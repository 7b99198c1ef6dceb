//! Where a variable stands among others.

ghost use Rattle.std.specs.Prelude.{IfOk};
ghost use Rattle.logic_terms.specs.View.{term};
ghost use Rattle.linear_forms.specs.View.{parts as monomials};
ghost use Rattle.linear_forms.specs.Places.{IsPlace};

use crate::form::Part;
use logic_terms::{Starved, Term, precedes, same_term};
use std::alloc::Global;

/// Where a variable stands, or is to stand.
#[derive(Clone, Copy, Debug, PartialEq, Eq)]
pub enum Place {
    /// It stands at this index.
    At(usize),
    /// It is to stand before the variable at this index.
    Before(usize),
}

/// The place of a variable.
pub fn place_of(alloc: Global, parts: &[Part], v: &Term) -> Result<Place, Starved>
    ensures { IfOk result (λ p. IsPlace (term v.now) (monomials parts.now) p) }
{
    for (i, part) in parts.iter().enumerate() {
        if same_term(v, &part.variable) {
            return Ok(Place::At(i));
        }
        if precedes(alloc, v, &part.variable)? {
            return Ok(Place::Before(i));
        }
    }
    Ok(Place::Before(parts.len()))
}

-=-=-=-=-

INSTRUCTIONS FOR THE TASK = Report each line of the records that holds the word "variable".

EXERCISE ANSWER =
//! Where a variable stands among others.
/// Where a variable stands, or is to stand.
    /// It is to stand before the variable at this index.
/// The place of a variable.
        if same_term(v, &part.variable) {
        if precedes(alloc, v, &part.variable)? {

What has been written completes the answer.